En effet, n’est-ce pas une honte de savoir que le spectacle « gratuit » (lire: l’organisation est aux frais du contribuable) que Céline Dion doit offrir à Québec est pratiquement inaccessible pour les gens de Montréal? Des billets gratuits à peu près partout au Québec, sauf à moins de 200 km. de Montréal, pour ne pas nuire aux spectacles qu’elle doit offrir plus tard cette année dans la métropole. Ne pas nuire? Mes fesses, oui: les billets sont déjà tous vendus. Et s’ils ne l’étaient pas, est-ce que ce serait plus acceptable?

Certainement pas. Montréal et ses environs, c’est 50% du Québec. La moitié (ou presque) du coût des fêtes du 400e de Québec ont été supporté par des gens de la région métropolitaine. Et on les prive du plus grand événement de l’année, voire de la décennie à Québec? On les force à s’acheter des billets à plus de 100 ou 200$ pour aller la voir enfermés dans cette cage à poulets qu’on appelle le Centre Bell alors qu’on offre aux autres des billets GRATUITS pour la voir en plein air?! C’est quoi cette mauvaise blague?

Je ne sais pas… Je suis trop Montréalais pour ressentir du ressentiment envers Québec. Mais des fois, y a de foutus coups de pieds au cul qui se perdent et si on ne peut en vouloir à Québec on peut très certainement blâmer Céline Dion et les organisateurs du 400e qui se moquent ouvertement de Montréal avec cette décision sibylline.

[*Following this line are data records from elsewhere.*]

//! Replays in either form: as text, or as JSON objects.

ghost use Rattle.std.specs.Prelude.{◌⊎◌, IfOk, IfErr, IfSome, IsErrOf};
ghost use Rattle.std.specs.Option.{option_copied};
ghost use Rattle.ioa_system.specs.Outcomes.{ending_of};
ghost use Rattle.ioa_device.specs.Devices.{BothPassUnless, change};
ghost use Rattle.ioa_device.specs.declared.failure.LogErr.{LogErr};
ghost use Rattle.ioa_device.specs.Failing.{HasFailed};
ghost use Rattle.ioa_serving.specs.Failing.{IsFailure, IsInvariantFailure, IsLogReplayFailure, IsUnwritten};
ghost use Rattle.ioa_serving.specs.Logs.{found_of};
ghost use Rattle.ioa_serving.specs.Objects.{BeginsFindingAs, BeginsLogReplayAs, BeginsReplayAs, IsInvariantReplayAs, IsLogReplayAs, IsReplayAs};

use crate::failure::Failure;
use crate::invariant_objects::replay_invariants_objects_text;
use crate::invariant_replay::{Finding, replay_invariants_text};
use crate::log_replay::replay_log_text;
use crate::replay::replay_text;
use crate::replay_objects::{replay_log_objects_text, replay_objects_text};
use ioa_device::{InputDevice, OutputDevice};
use ioa_system::End;
use std::alloc::Global;

/// Replays a list of actions in a composition of a source, or in an object, by the bytes of both: writes the external trace and how the list ends, as JSON
/// objects or not, and answers that end.
///
/// # Errors
/// Those of `replay_text`.
pub fn replay_in_form<R: InputDevice, W: OutputDevice>(
    alloc: Global,
    text: &[u8],
    composition: Option<&str>,
    json: bool,
    input: &mut R,
    output: &mut W,
) -> Result<End, Failure>
    ensures replays { IfOk result (λ end. IfSome (R.remaining input.old) (λ bytes.
        IsReplayAs json text.now (option_copied composition.entry) bytes (ending_of end) (W.contents output.old) (W.contents output.new))) }
    ensures refused { IfErr result (λ e. IsFailure text.now (option_copied composition.entry) (R.remaining input.old)
        (HasFailed (R.failure_count input.old) (R.failure_count input.new) ⊎ HasFailed (W.failure_count output.old) (W.failure_count output.new)) e) }
    ensures unwritten { IfErr result (λ e. IsUnwritten (BeginsReplayAs json text.now (option_copied composition.entry) (R.remaining input.old))
        (W.contents output.old) (W.contents output.new) e) }
    ensures devices { BothPassUnless (IsErrOf result (Failure.List LogErr.Io)) (change R.remaining R.failure_count input.old input.new) (change W.contents W.failure_count output.old output.new) }
{
    if json {
        return replay_objects_text(alloc, text, composition, input, output);
    }
    replay_text(alloc, text, composition, input, output)
}

/// Replays a log in a composition of a source, or in an object, by the bytes of both: where the log is of the composition's run, writes the external trace and
/// how the log ends, as JSON objects or not, and answers that end.
///
/// # Errors
/// Those of `replay_log_text`.
pub fn replay_log_in_form<R: InputDevice, W: OutputDevice>(
    alloc: Global,
    text: &[u8],
    composition: Option<&str>,
    json: bool,
    input: &mut R,
    output: &mut W,
) -> Result<End, Failure>
    ensures replays { IfOk result (λ end. IfSome (R.remaining input.old) (λ bytes.
        IsLogReplayAs json text.now (option_copied composition.entry) bytes (ending_of end) (W.contents output.old) (W.contents output.new))) }
    ensures refused { IfErr result (λ e. IsLogReplayFailure text.now (option_copied composition.entry) (R.remaining input.old)
        (HasFailed (R.failure_count input.old) (R.failure_count input.new) ⊎ HasFailed (W.failure_count output.old) (W.failure_count output.new)) e) }
    ensures unwritten { IfErr result (λ e. IsUnwritten (BeginsLogReplayAs json text.now (option_copied composition.entry) (R.remaining input.old))
        (W.contents output.old) (W.contents output.new) e) }
    ensures devices { BothPassUnless (IsErrOf result (Failure.List LogErr.Io)) (change R.remaining R.failure_count input.old input.new) (change W.contents W.failure_count output.old output.new) }
{
    if json {
        return replay_log_objects_text(alloc, text, composition, input, output);
    }
    replay_log_text(alloc, text, composition, input, output)
}

/// Replays a log in a composition of a source, both given as texts, and asks for the source's invariants in each of its states: where the log is of the
/// composition's run, writes the first invariant that is broken, or else what a replay of the log writes, as JSON objects or not, and answers which it is.
///
/// # Errors
/// Those of `replay_invariants_text`.
pub fn replay_invariants_in_form<R: InputDevice, W: OutputDevice>(
    alloc: Global,
    text: &[u8],
    composition: Option<&str>,
    json: bool,
    input: &mut R,
    output: &mut W,
) -> Result<Finding, Failure>
    ensures replays { IfOk result (λ finding. IfSome (R.remaining input.old) (λ bytes.
        IsInvariantReplayAs json text.now (option_copied composition.entry) bytes (found_of finding) (W.contents output.old) (W.contents output.new))) }
    ensures refused { IfErr result (λ e. IsInvariantFailure text.now (option_copied composition.entry) (R.remaining input.old)
        (HasFailed (R.failure_count input.old) (R.failure_count input.new) ⊎ HasFailed (W.failure_count output.old) (W.failure_count output.new)) e) }
    ensures unwritten { IfErr result (λ e. IsUnwritten (BeginsFindingAs json text.now (option_copied composition.entry) (R.remaining input.old))
        (W.contents output.old) (W.contents output.new) e) }
    ensures devices { BothPassUnless (IsErrOf result (Failure.List LogErr.Io)) (change R.remaining R.failure_count input.old input.new) (change W.contents W.failure_count output.old output.new) }
{
    if json {
        return replay_invariants_objects_text(alloc, text, composition, input, output);
    }
    replay_invariants_text(alloc, text, composition, input, output)
}
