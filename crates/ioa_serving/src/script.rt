//! Scripts of environments, from files.

ghost use Rattle.std.specs.Prelude.{IfOk, IfErr, map};
ghost use Rattle.std.specs.Option.{option_copied};
ghost use Rattle.ioa_value.specs.Actions.{act_of};
ghost use Rattle.ioa_serving.specs.Alone.{IsScript, IsScriptless};

use crate::failure::Failure;
use crate::store::Store;
use ioa_device::LogErr;
use ioa_value::{Action, Types, read_list};
use std::alloc::Global;

/// The script of a run's environment: the list in a file or, without a file, no action.
///
/// # Errors
/// `List` where a line of the file is no action; `Io` where the file is not read; or want of memory.
pub fn load_script<F: Store>(
    alloc: Global,
    types: &Types,
    file: Option<&str>,
    store: &F,
) -> Result<Vec<Action>, Failure>
    ensures script { IfOk result (λ actions. IsScript (F.holds store.now) types.now (option_copied file.entry) (map act_of actions.items)) }
    ensures refused { IfErr result (λ e. IsScriptless (F.holds store.now) (F.lacks store.now) types.now (option_copied file.entry) e) }
{
    let Some(name) = file else {
        return Ok(Vec::new(alloc));
    };
    let text = store.load_whole(alloc, name)?;
    match read_list(alloc, types, text.as_slice())? {
        Ok(actions) => Ok(actions),
        Err(line) => Err(Failure::List(LogErr::BadEntry(line))),
    }
}
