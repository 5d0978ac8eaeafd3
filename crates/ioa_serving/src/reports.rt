//! Reports of workers in lines, with what became of the turns of each entry, and the workers to which memory was refused.

ghost use Rattle.std.specs.Prelude.{◌≡◌, ◌≤◌, ◌++◌, ℕ, [], Some, IfErr, IfOk, IsOk, OnErr, OnOk, length, map, take};
ghost use Rattle.std.specs.Io.KnownBytes.{Appends};
ghost use Rattle.std.specs.String.{string_bytes};
ghost use Rattle.ioa_device.specs.declared.failure.LogErr.TheVariants as errors;
ghost use Rattle.ioa_device.specs.Failing.{FailedOnceAtMost, HasFailed};
ghost use Rattle.ioa_serving.specs.RunReports as spec;
ghost use Rattle.ioa_serving.specs.RunReports.{counts_text, name_at, report_line, want_line, wants_text, why_text};
ghost use Rattle.ioa_serving.specs.Traces as traces;
ghost use Rattle.ioa_serving.specs.Serving.{wants_of};

use crate::run::Ran;
use crate::tallies::{put_left, put_tallies};
use ioa_compile::Program;
use ioa_device::{LogErr, OutputDevice, send_all};
use ioa_run::{Report, Why};
use ioa_value::OutOfMemory;
use std::alloc::{AllocError, Global};
use std::fmt::Write;

/// The reports of a run's workers; behind them of each component's own entries what became of the turns in which they were tried, and then the inputs that were not
/// performed.
pub fn told_text(alloc: Global, ran: &Ran) -> Result<String, OutOfMemory>
    requires { traces.performed ran.now.log.end ≤ length ran.now.log.entries.items }
    ensures { IfOk result (λ text. string_bytes text ≡ traces.told_text ran.now) }
{
    let mut text = reports_text(alloc, &ran.program, &ran.reports)?;
    put_tallies(&mut text, ran)?;
    put_left(&mut text, ran)?;
    Ok(text)
}

/// The reports of a program's workers, a line for each: of the components, in order, and then of the environment.
pub fn reports_text(
    alloc: Global,
    program: &Program,
    reports: &[Report],
) -> Result<String, AllocError>
    ensures { IfOk result (λ text. string_bytes text ≡ spec.reports_text (map (λ m. m.name) program.now.members) reports.now) }
{
    let mut text = String::new(alloc);
    for i in 0..reports.len() {
        let report = reports[i];
        push_report(&mut text, worker_name(program, i), &report)?;
    }
    Ok(text)
}

/// The name of a worker: the component of this number, or past all of them the environment.
fn worker_name(program: &Program, worker: usize) -> &str
    ensures { result.now ≡ name_at (map (λ m. m.name) program.now.members) worker }
{
    let members = program.members();
    if worker < members.len() {
        members[worker].name.as_str()
    } else {
        "environment"
    }
}

/// Puts a line with a worker's report at the text's end.
fn push_report(text: &mut String, name: &str, report: &Report) -> Result<(), AllocError>
    ensures { OnOk result (string_bytes text.new ≡ string_bytes text.old ++ report_line name.now report.now) }
{
    push_counts(text, name, report)?;
    let why = in_words(report.why);
    writeln!(text, ", {why}")?;
    Ok(())
}

/// Puts the worker's name and the numbers of its turns there.
fn push_counts(text: &mut String, name: &str, report: &Report) -> Result<(), AllocError>
    ensures { OnOk result (string_bytes text.new ≡ string_bytes text.old ++ counts_text name.now report.now) }
{
    let Report {
        committed,
        idle,
        stale,
        why: _,
    } = report;
    write!(
        text,
        "{name}: {committed} committed, {idle} idle, {stale} stale"
    )?;
    Ok(())
}

/// Why a worker takes no more turns.
fn in_words(why: Why) -> &'static str
    ensures { result.now ≡ why_text why }
{
    match why {
        Why::TurnsDone => "turns done",
        Why::Faulted => "faulted",
        Why::Stopped => "stopped",
        Why::Memory => "memory",
    }
}

/// Tells of each worker of a run to which memory was refused in its turn, a line for each, in the order of the reports. The lines are written
/// in pieces that stand, since there may be no memory for a text of them. Where there is no such worker the writer is not asked.
///
/// # Errors
/// `Io` where the writer failed in this call, which is not tried again. It has taken a beginning of the lines then.
pub fn send_wants<W: OutputDevice>(ran: &Ran, output: &mut W) -> Result<(), LogErr>
    ensures ok { OnOk result (Appends (W.contents output.old) (W.contents output.new) (wants_of (Some ran.now))) }
    ensures io { IfErr result (λ e. (e ≡ errors.Io) × HasFailed (W.failure_count output.old) (W.failure_count output.new)) }
    ensures passed { OnOk result (W.failure_count output.new ≡ W.failure_count output.old) }
    ensures once { FailedOnceAtMost (W.failure_count output.old) (W.failure_count output.new) }
    ensures begun { OnErr result ((k : ℕ) × Appends (W.contents output.old) (W.contents output.new) (take k (wants_of (Some ran.now)))) }
    ensures quiet { wants_of (Some ran.now) ≡ [] → IsOk result × (output.new ≡ output.old) }
{
    send_lines(&ran.program, &ran.reports, output)
}

/// The same of a program's workers with these reports.
fn send_lines<W: OutputDevice>(
    program: &Program,
    reports: &[Report],
    output: &mut W,
) -> Result<(), LogErr>
    ensures ok { OnOk result (Appends (W.contents output.old) (W.contents output.new) (wants_text (map (λ m. m.name) program.now.members) reports.now)) }
    ensures io { IfErr result (λ e. (e ≡ errors.Io) × HasFailed (W.failure_count output.old) (W.failure_count output.new)) }
    ensures passed { OnOk result (W.failure_count output.new ≡ W.failure_count output.old) }
    ensures once { FailedOnceAtMost (W.failure_count output.old) (W.failure_count output.new) }
    ensures begun { OnErr result ((k : ℕ) × Appends (W.contents output.old) (W.contents output.new) (take k (wants_text (map (λ m. m.name) program.now.members) reports.now))) }
    ensures quiet { wants_text (map (λ m. m.name) program.now.members) reports.now ≡ [] → IsOk result × (output.new ≡ output.old) }
{
    for i in 0..reports.len() {
        let report = reports[i];
        send_line(worker_name(program, i), report.why, output)?;
    }
    Ok(())
}

/// Tells that memory was refused to the worker of this name, where that is why it takes no more turns.
fn send_line<W: OutputDevice>(name: &str, why: Why, output: &mut W) -> Result<(), LogErr>
    ensures ok { OnOk result (Appends (W.contents output.old) (W.contents output.new) (want_line name.now why)) }
    ensures io { IfErr result (λ e. (e ≡ errors.Io) × HasFailed (W.failure_count output.old) (W.failure_count output.new)) }
    ensures passed { OnOk result (W.failure_count output.new ≡ W.failure_count output.old) }
    ensures once { FailedOnceAtMost (W.failure_count output.old) (W.failure_count output.new) }
    ensures begun { OnErr result ((k : ℕ) × Appends (W.contents output.old) (W.contents output.new) (take k (want_line name.now why))) }
    ensures quiet { want_line name.now why ≡ [] → IsOk result × (output.new ≡ output.old) }
{
    match why {
        Why::TurnsDone | Why::Faulted | Why::Stopped => Ok(()),
        Why::Memory => {
            send_all(output, name.as_bytes())?;
            send_all(output, b": memory\n")
        }
    }
}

Si j’étais un amateur de Céline Dion aujourd’hui, je regretterais d’avoir payé pour ses albums et je me rembourserais en téléchargeant son prochain, gratuitement.

Le petit tyran
23 mai 2007

Céline Dion fait de la musique. Oui, oui, c’est ce qu’on a m’a dit. Moi qui croyait jusqu’alors qu’elle ne faisait qu’apposer sa magnifique voix sur des mélodies pré-programmées et sans inventivité, qu’elle chantait des mots vides de sens, des mots dont on a calculé le rendement financier avec précision. J’imaginais déjà René Angélil lui dire: « Rajoutons un petit « love » ici ou un « always' » là, c’est vendeur ». Bref, j’avais toujours considéré que Céline Dion était avant tout une business sans coeur ni âme.

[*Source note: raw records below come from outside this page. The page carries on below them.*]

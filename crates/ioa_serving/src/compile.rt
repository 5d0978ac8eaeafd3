//! Programs, compositions and objects of the bytes of a file.

ghost use Rattle.std.specs.Prelude.{◌≡◌, true, false, not, IfOk, IfErr};
ghost use Rattle.std.specs.Option.{option_copied, option_map_or};
ghost use Rattle.std.specs.Str.{bytes_eq};
ghost use Rattle.ioa_tree.specs.Hosts.{Hosted};
ghost use Rattle.ioa_compose.specs.Held.{composed_of};
ghost use Rattle.ioa_compose.specs.Simulates.{Simulates};
ghost use Rattle.ioa_compile.specs.Subjects.{Runs, RunsAs, Subject};
ghost use Rattle.ioa_serving.specs.Compiling.{IsCompiled, IsUncompiled};
ghost use Rattle.ioa_serving.specs.Failing.{IsRefusedGiven, IsRefusedSource};
ghost use Rattle.ioa_serving.specs.Headline.{Declares, IsFileOf, IsObjectOf, begins_object};

use crate::failure::Failure;
use ioa_check::check;
use ioa_compile::{Program, compile};
use ioa_compose::{Composition, compose};
use ioa_loader::read_object;
use ioa_object::write_object;
use ioa_syntax::{Refusal, parse};
use std::alloc::Global;

/// A composition of a source that is given as a text: the one of this name or, without one, the last. It stands for the hosts that the
/// source declares.
///
/// # Errors
/// The text is no source, the source is not well formed, or it has no composition of the name, or one that is refused; or
/// want of memory.
pub fn compose_text(
    alloc: Global,
    text: &[u8],
    composition: Option<&str>,
) -> Result<Composition, Refusal>
    ensures composes { IfOk result (λ c. (h : Hosted) × Declares text.now (option_copied composition.entry) h × Simulates h (composed_of c)) }
    ensures refused { IfErr result (λ r. IsRefusedSource text.now (option_copied composition.entry) r) }
{
    let source = parse(alloc, text)?;
    let checked = check(alloc, source)?;
    compose(alloc, &checked, composition)
}

/// The program of a composition of a source that is given as a text, as `compose_text` gives it.
///
/// # Errors
/// As those of `compose_text`.
pub fn compile_text(
    alloc: Global,
    text: &[u8],
    composition: Option<&str>,
) -> Result<Program, Refusal>
    ensures compiles { IfOk result (λ p. (h : Hosted) × Declares text.now (option_copied composition.entry) h × Runs p h) }
    ensures refused { IfErr result (λ r. IsRefusedSource text.now (option_copied composition.entry) r) }
{
    let composed = compose_text(alloc, text, composition)?;
    let program = compile(alloc, &composed)?;
    Ok(program)
}

/// Whether a file is an object: by its first byte.
pub fn is_object(bytes: &[u8]) -> bool
    ensures { result ≡ begins_object bytes.now }
{
    match bytes {
        [0x7F, ..] => true,
        _ => false,
    }
}

/// The program that a file gives: of a source that of a composition, as `compile_text` gives it; of an object its own.
///
/// # Errors
/// As those of `compile_text`; or the object is refused, or of another composition than the one of this name.
pub fn program_of(
    alloc: Global,
    bytes: &[u8],
    composition: Option<&str>,
) -> Result<Program, Failure>
    ensures gives { IfOk result (λ p. (s : Subject) × IsFileOf bytes.now (option_copied composition.entry) s × RunsAs p s) }
    ensures refused { IfErr result (λ e. IsRefusedGiven bytes.now (option_copied composition.entry) e) }
{
    if is_object(bytes) {
        return program_in(alloc, bytes, composition);
    }
    Ok(compile_text(alloc, bytes, composition)?)
}

/// The program of an object.
///
/// # Errors
/// The bytes are no object, or it is of another composition than the one of this name; or want of memory.
pub(crate) fn program_in(
    alloc: Global,
    bytes: &[u8],
    composition: Option<&str>,
) -> Result<Program, Failure>
    ensures gives { IfOk result (λ p. IsObjectOf bytes.now (option_copied composition.entry) p) }
    ensures refused { IfErr result (λ e. begins_object bytes.now ≡ true → IsRefusedGiven bytes.now (option_copied composition.entry) e) }
{
    let program = read_object(alloc, bytes)?;
    if is_other(composition, program.name()) {
        return Err(Failure::Refused(Refusal::NoComposition));
    }
    Ok(program)
}

/// Whether another composition than the one of this name is asked for.
fn is_other(asked: Option<&str>, name: &str) -> bool
    ensures { result ≡ option_map_or (λ x. not (bytes_eq x name.now)) (option_copied asked.entry) false }
{
    match asked {
        Some(other) => other != name,
        None => false,
    }
}

/// The object of a composition of a source that is given as a text.
///
/// # Errors
/// As those of `compile_text`; or the bytes are an object themselves.
pub fn object_of(alloc: Global, text: &[u8], composition: Option<&str>) -> Result<Vec<u8>, Failure>
    ensures compiles { IfOk result (λ object. IsCompiled text.now (option_copied composition.entry) object.items) }
    ensures refused { IfErr result (λ e. IsUncompiled text.now (option_copied composition.entry) e) }
{
    if is_object(text) {
        return Err(Failure::SourceWanted);
    }
    let program = compile_text(alloc, text, composition)?;
    Ok(write_object(alloc, &program)?)
}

Il semblerait que j’avais raison.

En effet, René Angélil vient de lancer un ultimatum comme lui seul sait le faire: ou bien le comité organisateur des fêtes du 400e anniversaire de Québec se récuse et laisse tomber ses affirmations selon lesquelles Céline ne voulait pas chanter si elle n’avait pas l’exclusivité, ou bien Céline n’ira tout simplement pas chanter à Québec.

Bref, c’est my way or no way, comme ils disent à Las Vegas.

Pourtant, il aurait été possible de continuer à négocier, de laisser parler le comité sans y répondre. Ou même d’avouer que Céline désirait l’exclusivité et d’expliquer pourquoi. Mais non: Angélil, qui fait davantage penser à un petit tyran terrorisant le monde journalistique québécois qu’à un gérant d’artiste, a préféré se lancer dans des accusations selon lesquelles nous prendrions Céline pour acquis puisque nous sommes Québécois, que nous la considérions comme faisant partie des meubles en quelque sorte…

Mais qu’a donc fait Céline Dion pour le Québec, au fait? Elle s’est expatriée aux États-Unis, a renié la langue française en chantant de la muzak d’ascenseur en anglais, et elle vit maintenant au pays de l’Oncle Sam la plus grande partie de l’année. Elle y dépense aussi son argent là-bas. Elle a fait quoi pour nous, la belle Céline?

Dans les faits, c’est René Angélil qui prend les Québécois pour acquis. Il pense qu’il peut indéfiniment jouer les petits tyrans et imposer sa Céline à ses conditions, menacer, intimider. Il croit qu’il peut tout se permettre et que de toute façon les gens continueront d’acheter les disques à sa Céline… « Parce que c’est une petit fille de « cheuuu » nous ».

Parce que tant et aussi longtemps qu’il y aura des Québécois qui achètent de la musique d’ascenseur en anglais sous prétexte que c’est Céline, le petit tyran qu’est son mari pourra continuer de faire régner sa terreur et d’intimider quiconque ne louange pas sa protégée.